Collected data entries:
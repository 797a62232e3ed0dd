// Whether a caller's plan is the only best one.
ghost use Rattle.std.specs.Prelude.{◌≡◌, ◌⊎◌, length};
ghost use Rattle.c_calls.specs.lists.Input.{HasLengths};
ghost use Rattle.c_plans.specs.Answers.{IsAnswer};
ghost use Rattle.c_plans.specs.Unique.{IsUniqueShown, JudgesUnique};

use super::answer::{Answer, decide};
use c_calls::Fault;
use c_calls::lists::{Info, Input, judge, lists_of, refuse, report_verdict};
use cost_lists::{CostLists, Object, Price, exact_means_best};
use plan_checker::{Rank, ranks_mean_only};
use std::alloc::Global;

// Writes an answer, and returns its code.
fn put_answer(
    lists: &CostLists<'_>,
    objects: &[Object],
    prices: &[Price],
    answer: &Answer,
    other: &mut [Object],
    ranks: &mut [Rank],
    info: &mut Info,
) -> i32
    requires answer { IsAnswer lists.now objects.now prices.now answer.now }
    requires other { length other.old ≡ length lists.now.rows }
    requires ranks { length ranks.old ≡ lists.now.m }
    ensures { IsUniqueShown lists.now objects.now prices.now
        (record { other = other.old; ranks = ranks.old; info = info.old })
        (record { other = other.new; ranks = ranks.new; info = info.new }) result }
{
    // These calls show the prover what an optimum and its ranks mean.
    let _persons = lists.persons();
    exact_means_best();
    ranks_mean_only();
    match answer {
        Answer::Refused(verdict) => report_verdict(*verdict, info),
        Answer::Only(found) => {
            ranks.copy_from_slice(found.as_slice());
            0
        }
        Answer::Other(found) => {
            other.copy_from_slice(found.as_slice());
            24
        }
        Answer::Open => 23,
    }
}

/// Whether the plan of these objects and prices is the only best one of a given problem. Returns 0 where it
/// is, and writes ranks that show it; 24 where it isn't, and writes another one; 23 where neither was
/// shown; the code of the plan's verdict where the prices don't prove it; or that of the first fault.
pub fn unique_on(
    alloc: Global,
    input: &Input<'_>,
    objects: &[Object],
    prices: &[Price],
    other: &mut [Object],
    ranks: &mut [Rank],
    info: &mut Info,
) -> i32
    requires other { HasLengths input.now → length other.old ≡ input.now.n }
    requires ranks { HasLengths input.now → length ranks.old ≡ input.now.m }
    ensures { JudgesUnique input.now objects.now prices.now
        (record { other = other.old; ranks = ranks.old; info = info.old })
        (record { other = other.new; ranks = ranks.new; info = info.new }) result }
{
    let shape = match judge(input) {
        Ok(shape) => shape,
        Err(fault) => return refuse(fault, info),
    };
    let lists = lists_of(shape, input);
    match decide(alloc, &lists, objects, prices) {
        Ok(found) => put_answer(&lists, objects, prices, &found, other, ranks, info),
        Err(_) => refuse(Fault::Memory, info),
    }
}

Problem details: Restate the data above word for word. Leave nothing out.

Answer to the exercise:
repository 797a62232e3ed0dd
// Whether a caller's plan is the only best one.
ghost use Rattle.std.specs.Prelude.{◌≡◌, ◌⊎◌, length};
ghost use Rattle.c_calls.specs.lists.Input.{HasLengths};
ghost use Rattle.c_plans.specs.Answers.{IsAnswer};
ghost use Rattle.c_plans.specs.Unique.{IsUniqueShown, JudgesUnique};

use super::answer::{Answer, decide};
use c_calls::Fault;
use c_calls::lists::{Info, Input, judge, lists_of, refuse, report_verdict};
use cost_lists::{CostLists, Object, Price, exact_means_best};
use plan_checker::{Rank, ranks_mean_only};
use std::alloc::Global;

// Writes an answer, and returns its code.
fn put_answer(
    lists: &CostLists<'_>,
    objects: &[Object],
    prices: &[Price],
    answer: &Answer,
    other: &mut [Object],
    ranks: &mut [Rank],
    info: &mut Info,
) -> i32
    requires answer { IsAnswer lists.now objects.now prices.now answer.now }
    requires other { length other.old ≡ length lists.now.rows }
    requires ranks { length ranks.old ≡ lists.now.m }
    ensures { IsUniqueShown lists.now objects.now prices.now
        (record { other = other.old; ranks = ranks.old; info = info.old })
        (record { other = other.new; ranks = ranks.new; info = info.new }) result }
{
    // These calls show the prover what an optimum and its ranks mean.
    let _persons = lists.persons();
    exact_means_best();
    ranks_mean_only();
    match answer {
        Answer::Refused(verdict) => report_verdict(*verdict, info),
        Answer::Only(found) => {
            ranks.copy_from_slice(found.as_slice());
            0
        }
        Answer::Other(found) => {
            other.copy_from_slice(found.as_slice());
            24
        }
        Answer::Open => 23,
    }
}

/// Whether the plan of these objects and prices is the only best one of a given problem. Returns 0 where it
/// is, and writes ranks that show it; 24 where it isn't, and writes another one; 23 where neither was
/// shown; the code of the plan's verdict where the prices don't prove it; or that of the first fault.
pub fn unique_on(
    alloc: Global,
    input: &Input<'_>,
    objects: &[Object],
    prices: &[Price],
    other: &mut [Object],
    ranks: &mut [Rank],
    info: &mut Info,
) -> i32
    requires other { HasLengths input.now → length other.old ≡ input.now.n }
    requires ranks { HasLengths input.now → length ranks.old ≡ input.now.m }
    ensures { JudgesUnique input.now objects.now prices.now
        (record { other = other.old; ranks = ranks.old; info = info.old })
        (record { other = other.new; ranks = ranks.new; info = info.new }) result }
{
    let shape = match judge(input) {
        Ok(shape) => shape,
        Err(fault) => return refuse(fault, info),
    };
    let lists = lists_of(shape, input);
    match decide(alloc, &lists, objects, prices) {
        Ok(found) => put_answer(&lists, objects, prices, &found, other, ranks, info),
        Err(_) => refuse(Fault::Memory, info),
    }
}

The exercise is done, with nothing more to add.